DOS and band structure for BaTiO₃ outputted from the DFT VASP simulation model.

Next, the imaginary part of the relative permittivity is simulated for BaTiO₃ in Fig. 13. This spectrum reflects the extinction behavior of the materials in the optical region of interest from 200 to 550 nm. Herein, we can assume a dominating absorption effect over other scattering mechanisms. This can be easily proven due to the limited surface roughness measured by the AFM in Fig. 9. Thus, the surface scattering can be neglected. The real part of the permittivity is also extracted for refractive index estimation. The refractive index showed 1.595, which agrees with the reported data in³⁶. Consequently, the data simulated in Fig. 13 can be directly converted to LD coefficients to be fed into the MEEP model.

Figure 13

The imaginary permittivity component \((\varepsilon^{\prime \prime } ){ }\) for BaTiO₃, as outputted from the DFT VASP simulation mode.

Finally, the thin film of BaTiO₃ prepared over a BK7 glass substrate is optically characterized using the Cary 5 UV–Vis spectrometer, see Fig. 14. Samples are measured against the BK7 substrate as a reference. In parallel, The FDTD was used to simulate a thin film of 178.45 μm thickness with two Gaussian beams centered at 550 nm, representing the TE and TM waves. As highlighted earlier, the material dispersion and extinction LD coefficients were captured from the DFT model. We utilize the same procedure as in⁵⁰ for lithium titanate. The dispersion and extinction LD fitting coefficients were calculated to be: \({\upvarepsilon }_{\infty }\) = 1.595, \({\upsigma }_{1}\) = 1.5645 e + 41, \({\upomega }_{1}\) = 0.1254, \({\Gamma }_{1}\) = 0.05656, \({\upsigma }_{2}\) = 7.5565. \({\upomega }_{2}\) = 0.55128, \({\Gamma }_{2}\) = 1.9788, \({\upsigma }_{3}\) = 0.78155, \({\upomega }_{3}\) = 2.564578, \({\Gamma }_{3}\) = 2.2251, \({\upsigma }_{4}\) = 0.17521, \({\upomega }_{4}\) = 1.78215, \({\Gamma }_{4}\) = 0.95448 \({\upsigma }_{5}\) = 0.05551, \({\upomega }_{5}\) = 0.74158, and \({\Gamma }_{5}\) = 0.01452.

Figure 14

The UV–Vis-NIR numerically simulated normalized transmission spectrum using MEEP for BaTiO₃, with the experimentally measured spectrum for validation. The dispersion and extinction were inputted using LD fitting coefficients.

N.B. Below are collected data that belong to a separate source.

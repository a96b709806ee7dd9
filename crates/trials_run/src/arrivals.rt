//! Bytes that arrive.
ghost use Rattle.std.specs.Prelude.{◌≡◌, ◌≤◌, length};

/// Copies the first bytes into a piece, as many as it has room for, and tells how many these are.
pub(crate) fn give(bytes: &[u8], piece: &mut [u8]) -> usize
    ensures there { result ≤ length bytes.now }
    ensures room { result ≤ length piece.new }
    ensures same { length piece.new ≡ length piece.old }
{
    let count = bytes.len().min(piece.len());
    piece[..count].copy_from_slice(&bytes[..count]);
    count
}
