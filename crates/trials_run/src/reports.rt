//! Reports over HTTP.
use crate::guest::Speech;
use crate::scenes::{Left, Look, look_behind_new, world};
use office_core::OfficeError;
use office_plays::steps::push;
use poll_book::MemKeeper;
use std::test::Fail;
use telling::{Trial, twice};

/// What is asked for, and what is answered: a counter, the same in slots without a reading, one that isn't a counter,
/// an unknown point, slots in the wrong order, and another method.
const EXCHANGES: &[(&str, &str)] = &[
    (
        "GET /points/e/report/100/101 HTTP/1.1\r\n\r\n",
        "HTTP/1.1 200 OK\r\nContent-Type: text/plain; charset=utf-8\r\nContent-Length: 44\r\nConnection: close\r\n\r\npoint e\n       100  0\n       101  3\ntotal 3\n",
    ),
    (
        "GET /points/e/report/102/102 HTTP/1.1\r\n\r\n",
        "HTTP/1.1 200 OK\r\nContent-Type: text/plain; charset=utf-8\r\nContent-Length: 16\r\nConnection: close\r\n\r\npoint e\ntotal 3\n",
    ),
    (
        "GET /points/f/report/101/101 HTTP/1.1\r\n\r\n",
        "HTTP/1.1 200 OK\r\nContent-Type: text/plain; charset=utf-8\r\nContent-Length: 22\r\nConnection: close\r\n\r\npoint f\n       101  3\n",
    ),
    (
        "GET /points/g/report/100/101 HTTP/1.1\r\n\r\n",
        "HTTP/1.1 404 Not Found\r\nContent-Type: application/json\r\nContent-Length: 21\r\nConnection: close\r\n\r\n{\"error\":\"not found\"}",
    ),
    (
        "GET /points/e/report/101/100 HTTP/1.1\r\n\r\n",
        "HTTP/1.1 400 Bad Request\r\nContent-Type: application/json\r\nContent-Length: 23\r\nConnection: close\r\n\r\n{\"error\":\"bad request\"}",
    ),
    (
        "PUT /points/e/report/100/101 HTTP/1.1\r\n\r\n",
        "HTTP/1.1 405 Method Not Allowed\r\nContent-Type: application/json\r\nContent-Length: 18\r\nConnection: close\r\nAllow: GET\r\n\r\n{\"error\":\"method\"}",
    ),
];

/// The callers come at this millisecond of the run, in slot 101.
const COME: u64 = 4_000;

/// Each heard its answer at once.
struct Answered;

impl Look<MemKeeper> for Answered {
    fn look(&self, trial: &Trial<'_>, left: &mut Left<MemKeeper>) -> Result<(), OfficeError> {
        for (guest, (_, answer)) in left.world.guests.all.iter().zip(EXCHANGES) {
            trial.told(&"heard", &guest.heard.as_slice(), &answer.as_bytes());
            trial.told(&"gone", &guest.gone, &Some(COME));
        }
        Ok(())
    }
}

fn asked(trial: &Trial<'_>) -> Result<(), OfficeError> {
    let mut speeches = Vec::new(trial.alloc());
    for (request, _) in EXCHANGES {
        push(&mut speeches, Speech::at_once(COME, request))?;
    }
    let world = world(trial.alloc(), 12_000, &[], &speeches)?;
    look_behind_new(trial, &[], world, &Answered)
}

#[test]
fn a_report_is_told_as_text(rt: HostRuntime) -> Result<(), Fail> {
    Ok(twice!(rt, asked)?)
}
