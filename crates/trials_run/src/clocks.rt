//! A clock that somebody sets, while the devices go on by one that nobody does.
use crate::gateways;
use crate::guest::Speech;
use crate::orders::{ASKED, ORDER, OrderDone};
use crate::scenes::{
    AllTold, Behind, IMAGE, Left, Look, assert_readings, assert_told, assert_total, look_behind,
    look_behind_new, office_over, world, world_of,
};
use crate::wire::{Spell, Trouble};
use crate::world::Setting;
use office_core::OfficeError;
use poll_book::MemKeeper;
use std::test::Fail;
use telling::{Trial, twice};

/// How a clock is set in a run of so many milliseconds, what the device on the roof counted in each slot, and its
/// total, which is what it counted in all.
struct Run {
    settings: &'static [Setting],
    ends: u64,
    told: &'static str,
    readings: &'static [(u32, u16)],
    total: u128,
}

impl Look<MemKeeper> for Run {
    fn look(&self, trial: &Trial<'_>, left: &mut Left<MemKeeper>) -> Result<(), OfficeError> {
        assert_told(trial, &left.world, self.told)?;
        assert_readings(trial, &mut left.office, "e", self.readings)?;
        assert_total(trial, &mut left.office, self.total)
    }
}

fn assert_run(trial: &Trial<'_>, run: &Run) -> Result<(), OfficeError> {
    let world = world(trial.alloc(), run.ends, &[], &[])?.with_settings(run.settings);
    look_behind_new(trial, &[], world, run)
}

/// In slot 102 it is set back by 16 seconds, and stands behind the slots that were begun until slot 103.
const BACK: Run = Run {
    settings: &[Setting {
        at: 9_000,
        ahead: 0,
        back: 16_000,
    }],
    ends: 30_000,
    told: "1970-01-01T00:08:22Z office: line roof is up\n1970-01-01T00:08:22Z office: line cellar is up\n1970-01-01T00:08:19Z office: the clock stands behind slot 102: no slot before it is begun\n1970-01-01T00:08:30Z office: the clock has caught up\n",
    readings: &[(100, 0), (101, 3), (102, 8), (103, 29)],
    total: 29,
};

fn back(trial: &Trial<'_>) -> Result<(), OfficeError> {
    assert_run(trial, &BACK)
}

#[test]
fn a_clock_that_is_set_back_fills_no_slot_before_one_that_was_begun(
    rt: HostRuntime,
) -> Result<(), Fail> {
    Ok(twice!(rt, back)?)
}

/// It is an hour ahead for half a minute, and no slot is begun for a minute.
const AHEAD_AND_RIGHT_AGAIN: Run = Run {
    settings: &[
        Setting {
            at: 9_000,
            ahead: 3_600_000,
            back: 0,
        },
        Setting {
            at: 40_000,
            ahead: 0,
            back: 3_600_000,
        },
    ],
    ends: 75_000,
    told: "1970-01-01T00:08:22Z office: line roof is up\n1970-01-01T00:08:22Z office: line cellar is up\n1970-01-01T01:08:35Z office: the clock jumped ahead: no slot is begun before it stood for a minute\n1970-01-01T00:09:35Z office: the clock is followed again\n",
    readings: &[(100, 0), (101, 3), (102, 8), (115, 73)],
    total: 73,
};

fn ahead_and_right_again(trial: &Trial<'_>) -> Result<(), OfficeError> {
    assert_run(trial, &AHEAD_AND_RIGHT_AGAIN)
}

#[test]
fn a_clock_that_jumps_ahead_and_comes_right_again_fills_no_slot_to_come(
    rt: HostRuntime,
) -> Result<(), Fail> {
    Ok(twice!(rt, ahead_and_right_again)?)
}

/// It is set ahead by an hour for good, and followed a minute later.
const AHEAD: Run = Run {
    settings: &[Setting {
        at: 9_000,
        ahead: 3_600_000,
        back: 0,
    }],
    ends: 75_000,
    told: "1970-01-01T00:08:22Z office: line roof is up\n1970-01-01T00:08:22Z office: line cellar is up\n1970-01-01T01:08:35Z office: the clock jumped ahead: no slot is begun before it stood for a minute\n1970-01-01T01:09:35Z office: the clock is followed again\n",
    readings: &[(100, 0), (101, 3), (102, 8), (835, 73)],
    total: 73,
};

fn ahead(trial: &Trial<'_>) -> Result<(), OfficeError> {
    assert_run(trial, &AHEAD)
}

#[test]
fn a_clock_that_is_set_ahead_is_followed_once_it_stood_for_a_minute(
    rt: HostRuntime,
) -> Result<(), Fail> {
    Ok(twice!(rt, ahead)?)
}

const BACK_BEFORE_AN_ORDER: &[Setting] = &[Setting {
    at: 4_000,
    ahead: 0,
    back: 16_000,
}];

/// While the clock stands behind the slots that were begun, an order is sent all the same.
fn ordered(trial: &Trial<'_>) -> Result<(), OfficeError> {
    let speeches = [Speech::at_once(5_000, ORDER), Speech::at_once(5_001, ASKED)];
    let world = world(trial.alloc(), 7_000, &[], &speeches)?;
    let world = world.with_settings(BACK_BEFORE_AN_ORDER);
    look_behind_new(trial, &[], world, &OrderDone)
}

#[test]
fn an_order_is_sent_while_the_clock_stands_behind(rt: HostRuntime) -> Result<(), Fail> {
    Ok(twice!(rt, ordered)?)
}

/// The roof answers nothing for a while, in which an order is sent and given up.
const ROOF_SILENT: [Behind; 2] = [
    Behind {
        image: IMAGE,
        spells: &[Spell {
            trouble: Trouble::Silent,
            unit: None,
            from: 4_500,
            to: 8_000,
        }],
    },
    Behind {
        image: IMAGE,
        spells: &[],
    },
];

/// While the clock stands behind, an order that was given up is sent again as the clock's next slot begins.
fn ordered_again(trial: &Trial<'_>) -> Result<(), OfficeError> {
    let speeches = [Speech::at_once(5_000, ORDER), Speech::at_once(9_500, ASKED)];
    let world = world_of(trial.alloc(), 10_000, &ROOF_SILENT, &speeches)?;
    let world = world.with_settings(BACK_BEFORE_AN_ORDER);
    look_behind_new(trial, &[], world, &OrderDone)
}

#[test]
fn an_order_is_sent_again_while_the_clock_stands_behind(rt: HostRuntime) -> Result<(), Fail> {
    Ok(twice!(rt, ordered_again)?)
}

/// A gateway of which the near device, that is asked more than the far one, answers nothing.
const NEAR_SILENT: Behind = Behind {
    image: gateways::IMAGE,
    spells: gateways::NEAR_IS_SILENT,
};

/// The clock's next slot begins nine seconds into the run, when that round has lasted for more than a slot.
const ROUND_ENDS: AllTold = AllTold(
    "1970-01-01T00:08:22Z office: line roof is up\n1970-01-01T00:08:25Z office: line roof polled slot 100: asked 17 recorded 1 excepted 0 refused 0 in 3000 ms\n1970-01-01T00:08:25Z office: device near of line roof is silent\n1970-01-01T00:08:11Z office: the clock stands behind slot 101: no slot before it is begun\n1970-01-01T00:08:15Z office: line roof polled slot 101: asked 2 recorded 1 excepted 0 refused 0 in 6000 ms\n",
);

/// The clock is set back while a round waits for a device that may answer yet.
fn round_ends(trial: &Trial<'_>) -> Result<(), OfficeError> {
    let alloc = trial.alloc();
    let office = office_over(
        alloc,
        MemKeeper::new(alloc),
        gateways::SITE,
        gateways::POINTS,
    )?;
    let world = world_of(alloc, 10_000, &[NEAR_SILENT], &[])?;
    let world = world.with_settings(BACK_BEFORE_AN_ORDER);
    look_behind(trial, office, world, &ROUND_ENDS)
}

#[test]
fn a_round_ends_though_the_clock_was_set_back(rt: HostRuntime) -> Result<(), Fail> {
    Ok(twice!(rt, round_ends)?)
}
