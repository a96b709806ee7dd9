//! Texts of the same points and lines, written out.
use crate::shown_points::{point, reading, seen};
use office_pages::{LineSeen, Seen, Tally, json, metrics, page};
use point_list::Role;
use run_beat::Slots;
use std::alloc::{AllocError, Global};
use std::test::Fail;
use telling::{Trial, twice};

const METRICS: &str = "# TYPE kimjolde_line_up gauge
# HELP kimjolde_line_up Whether the line is up.
kimjolde_line_up{line=\"a\\\\b\\\"c\\nö\"} 1
kimjolde_line_up{line=\"d\"} 0
# TYPE kimjolde_line_rounds counter
# HELP kimjolde_line_rounds Rounds that ended uncut, with or without the readings of a silent device.
kimjolde_line_rounds_total{line=\"a\\\\b\\\"c\\nö\"} 1
kimjolde_line_rounds_total{line=\"d\"} 0
# TYPE kimjolde_line_rounds_cut counter
# HELP kimjolde_line_rounds_cut Rounds that were cut.
kimjolde_line_rounds_cut_total{line=\"a\\\\b\\\"c\\nö\"} 2
kimjolde_line_rounds_cut_total{line=\"d\"} 0
# TYPE kimjolde_line_queries counter
# HELP kimjolde_line_queries Queries that were sent.
kimjolde_line_queries_total{line=\"a\\\\b\\\"c\\nö\"} 3
kimjolde_line_queries_total{line=\"d\"} 0
# TYPE kimjolde_line_readings counter
# HELP kimjolde_line_readings Readings that were recorded.
kimjolde_line_readings_total{line=\"a\\\\b\\\"c\\nö\"} 4
kimjolde_line_readings_total{line=\"d\"} 0
# TYPE kimjolde_line_exceptions counter
# HELP kimjolde_line_exceptions Queries that were answered by an exception.
kimjolde_line_exceptions_total{line=\"a\\\\b\\\"c\\nö\"} 5
kimjolde_line_exceptions_total{line=\"d\"} 0
# TYPE kimjolde_line_refused_frames counter
# HELP kimjolde_line_refused_frames Frames that were refused, since they answered no query.
kimjolde_line_refused_frames_total{line=\"a\\\\b\\\"c\\nö\"} 6
kimjolde_line_refused_frames_total{line=\"d\"} 0
# TYPE kimjolde_line_last_round_seconds gauge
# UNIT kimjolde_line_last_round_seconds seconds
# HELP kimjolde_line_last_round_seconds How long the last round that ended uncut took.
kimjolde_line_last_round_seconds{line=\"a\\\\b\\\"c\\nö\"} 7.089
# TYPE kimjolde_store_faults counter
# HELP kimjolde_store_faults Calls that the store refused.
kimjolde_store_faults_total 8
# TYPE kimjolde_point_value gauge
# HELP kimjolde_point_value The number of the last reading, with its scale.
kimjolde_point_value{device=\"m\\\\<\\\"1\\\"\",point=\"e\"} 6500.0
# TYPE kimjolde_point_time_seconds gauge
# UNIT kimjolde_point_time_seconds seconds
# HELP kimjolde_point_time_seconds When the slot of the last reading began, since 1970.
kimjolde_point_time_seconds{device=\"m\\\\<\\\"1\\\"\",point=\"e\"} 1764300000
kimjolde_point_time_seconds{device=\"m\\\\<\\\"1\\\"\",point=\"f\"} 1764299940
# TYPE kimjolde_point_accumulated gauge
# HELP kimjolde_point_accumulated How far a counter went by its readings, with its scale.
kimjolde_point_accumulated{device=\"m\\\\<\\\"1\\\"\",point=\"e\"} 66572.5
# EOF
";

const JSON: &str = "{\"points\":[\
    {\"device\":\"m\\\\<\\\"1\\\"\",\"last\":{\"slot\":29405000,\"time\":\"2025-11-28T03:20:00Z\",\"value\":\"6500.0\",\"void\":true},\
    \"name\":\"e\",\"role\":\"counter\",\"total\":\"66572.5\"},\
    {\"device\":\"m\\\\<\\\"1\\\"\",\"last\":{\"slot\":29404999,\"time\":\"2025-11-28T03:19:00Z\",\"value\":null,\"void\":false},\
    \"name\":\"f\",\"role\":\"gauge\",\"total\":null},\
    {\"device\":\"m\\\\<\\\"1\\\"\",\"last\":null,\"name\":\"g\",\"role\":\"setting\",\"total\":null}]}\n";

const ROWS: &str =
    "<tr><th scope=\"row\">e</th><td class=\"number\">6500.0<span class=\"mark\">void</span></td>\
    <td class=\"number\">66572.5</td><td><time datetime=\"2025-11-28T03:20:00Z\">2025-11-28 03:20:00 UTC</time></td>\
    <td class=\"number\">29405000</td><td>counter</td></tr>\n\
    <tr><th scope=\"row\">f</th><td class=\"number\"><span class=\"soft\">not implemented</span></td>\
    <td></td><td><time datetime=\"2025-11-28T03:19:00Z\">2025-11-28 03:19:00 UTC</time></td>\
    <td class=\"number\">29404999</td><td>gauge</td></tr>\n\
    <tr><th scope=\"row\">g</th><td class=\"number soft\">no reading</td><td></td><td></td><td></td><td>setting</td></tr>\n";

/// Of five slots the third one has no reading and the fourth one is voided.
const CURVE: &str =
    "<tr class=\"curve\"><td colspan=\"6\"><svg viewBox=\"0 0 960 120\" role=\"img\" aria-label=\"e\">\
    <path class=\"axis\" d=\"M0 119.5h960\"/><path class=\"trace\" d=\"M8 112h0L244 60M716 8h0L952 86\"/>\
    <circle class=\"void\" cx=\"716\" cy=\"8\" r=\"4\"/></svg>\
    <p class=\"range\">0.0 to 0.4, slots 10 to 14</p></td></tr>\n";

const LINES: [LineSeen<'static>; 2] = [
    LineSeen {
        name: "a\\b\"c\nö",
        address: "h:502",
        is_up: true,
        tally: Tally {
            rounds: 1,
            cut: 2,
            queries: 3,
            readings: 4,
            exceptions: 5,
            refused: 6,
            last_round: Some(7_089),
        },
    },
    LineSeen {
        name: "d",
        address: "h:503",
        is_up: false,
        tally: Tally {
            rounds: 0,
            cut: 0,
            queries: 0,
            readings: 0,
            exceptions: 0,
            refused: 0,
            last_round: None,
        },
    },
];

fn metrics_of(alloc: Global, points: &[Seen], slots: Slots) -> Result<String, AllocError> {
    let mut text = String::new(alloc);
    metrics::push_office(&mut text, &LINES, 8)?;
    text.push_str(metrics::values())?;
    for seen in points {
        metrics::push_value(alloc, &mut text, seen)?;
    }
    text.push_str(metrics::times())?;
    for seen in points {
        metrics::push_time(&mut text, seen, slots)?;
    }
    text.push_str(metrics::totals())?;
    for seen in points {
        metrics::push_total(alloc, &mut text, seen)?;
    }
    text.push_str(metrics::end())?;
    Ok(text)
}

fn json_of(alloc: Global, points: &[Seen], slots: Slots) -> Result<String, AllocError> {
    let mut text = String::from_str(alloc, json::begin())?;
    for (place, seen) in points.iter().enumerate() {
        if place > 0 {
            text.push_str(json::between())?;
        }
        json::push_point(alloc, &mut text, seen, slots)?;
    }
    text.push_str(json::end())?;
    Ok(text)
}

fn rows_of(alloc: Global, points: &[Seen], slots: Slots) -> Result<String, AllocError> {
    let mut text = String::new(alloc);
    for seen in points {
        page::push_point(alloc, &mut text, seen, slots)?;
    }
    Ok(text)
}

fn texts(trial: &Trial<'_>) -> Result<(), AllocError> {
    let alloc = trial.alloc();
    let Some(slots) = Slots::new(60) else {
        return Err(AllocError);
    };
    let points = seen(alloc)?;
    let metrics = metrics_of(alloc, &points, slots)?;
    trial.told(&"metrics", &metrics.as_str(), &METRICS);
    let json = json_of(alloc, &points, slots)?;
    trial.told(&"json", &json.as_str(), &JSON);
    let rows = rows_of(alloc, &points, slots)?;
    trial.told(&"rows", &rows.as_str(), &ROWS);
    Ok(())
}

#[test]
fn points_and_lines_as_texts(rt: HostRuntime) -> Result<(), Fail> {
    Ok(twice!(rt, texts)?)
}

fn curve(trial: &Trial<'_>) -> Result<(), AllocError> {
    let alloc = trial.alloc();
    let rows = [
        reading(alloc, 10, 0, false)?,
        reading(alloc, 11, 2, false)?,
        reading(alloc, 13, 4, true)?,
        reading(alloc, 14, 1, false)?,
    ];
    let mut text = String::new(alloc);
    page::push_curve(alloc, &mut text, &point("e", Role::Gauge)?, &rows, 10, 14)?;
    trial.told(&"curve", &text.as_str(), &CURVE);
    Ok(())
}

#[test]
fn a_curve_has_gaps(rt: HostRuntime) -> Result<(), Fail> {
    Ok(twice!(rt, curve)?)
}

For experimental validation, the T-λ FDTD simulated spectrum is demonstrated against the UV–Vis-NIR spectrometer measurement for our fabricated thin film. For accurate matching, the thin film scattering prefactor was considered the main free-fitting parameter with the given material thickness and refractive index (as a function of the permittivity previously simulated using DFT). A thin film of 178.45 μm thickness was reached. The comparison between the simulation data and the experimental measurements in Fig. 14 indicates an acceptable argument with an average root-mean-square error of 1.44%.

Conclusion

In conclusion, this paper introduces an experimentally validated FDTD numerical model to describe the optical properties of BaTiO₃ as a potential layer in optoelectronic devices. Firstly, the DFT VASP model was used to estimate the energy band gap, nearly 3.21 eV, with DRS optical measurement agreement. The permittivity's real and imaginary parts of the permittivity were calculated, showing a refractive index of 1.595. Consequently, LD fitting parameters were used to input the complex permittivity of the BaTiO₃ into the MEEP model. Less than 1.44% error was observed while the simulated MEEP spectrum was compared with the corresponding experimental spectrum. Experimentally, the manuscript provided a novel recipe to prepare and deposit a thin film of BaTiO₃ with all essential morphological, physiochemical, and optical characteristics. A further investigation of other electrical properties, specifically the magnetic and the hall effect properties, can be part of future work.